This page has been validated.
PRIVATIONS AND DIFFICULTIES.
277

acres each, but the Mission to the North remained unendowed, as it was beyond the limits of the Swan River colony.

The members of the Southern Mission were the first to begin their labours. Leaving Perth upon the 6th of February, they went on foot to Albany, where they arrived about the end of March, and, making that town their central point, traversed the bush in every direction, seeking out the savages, and suffering at the same time every kind of privation. Kind-hearted Protestants who saw their necessity brought them such relief as they could afford, even the sailors belonging to vessels in the port contributing presents of food; but supplies of this kind being naturally precarious, and the health of the party giving way, they determined on abandoning the work in the South and taking refuge in the island of Mauritius, where a mission existed at that time under the care of an English Benedictine bishop.
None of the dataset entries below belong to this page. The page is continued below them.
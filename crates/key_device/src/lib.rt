//! Key devices: who makes keys, agrees on secrets, signs and verifies for the mobile driving
//! licence, behind one trait. A recorder keeps what was asked and told; a replaying device answers
//! from such a recording; a toy device, which gives no security, serves tests. Its one contract:
//! a call of a recorder adds to its talk exactly the question that was asked with what the device
//! gave, and the definitions that ask questions are plans of which such a talk is a walk.
#![tactic(auto)]

mod ask;
mod device_fault;
mod exchange;
mod gave_laws;
mod has_line;
mod key_device;
mod laws;
mod made;
mod point;
mod question;
mod questions;
mod recorder;
mod replay_device;
mod sharing;
mod tape_fault;
mod tape_file;
mod tape_line;
mod tape_text;
mod tape_words;
mod told;
mod toy_device;
mod toy_formulas;

pub use ask::Ask;
pub use device_fault::DeviceFault;
pub use exchange::Exchange;
pub use gave_laws::{
    failures_told_are_counted, followed_plan_over_what_was_left, own_devices_give_as_they_say,
};
pub use key_device::KeyDevice;
pub use laws::{
    followed_plan_has_one_outcome, followed_plan_over_its_sources, followed_plan_over_its_talk,
    plans_are_followed_in_parts, steps_go_on_at_the_end, written_tape_is_read,
};
pub use made::Made;
pub use point::Point;
pub use questions::{ask_fresh, ask_signature, ask_verified};
pub use recorder::Recorder;
pub use replay_device::ReplayDevice;
pub use sharing::types_are_send_and_sync;
pub use tape_fault::TapeFault;
pub use told::Told;
pub use toy_device::ToyDevice;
The Mission to the North, consisting of three persons, sailed for Sydney, (being obliged in those days to circumnavigate almost the whole continent in order to reach their destination,) and, having arrived at Sydney, again quitted it for Port Essington in another ship which was wrecked in Torres Straits, when all on board perished excepting the captain and a Tyrolese priest, who were rescued and brought off from a rock on which they had taken refuge. The poor Tyrolese died two years afterwards, worn out with incessant labour and by the effects of a climate so unhealthy as to have since caused the northern coasts of Australia to be almost deserted by Europeans.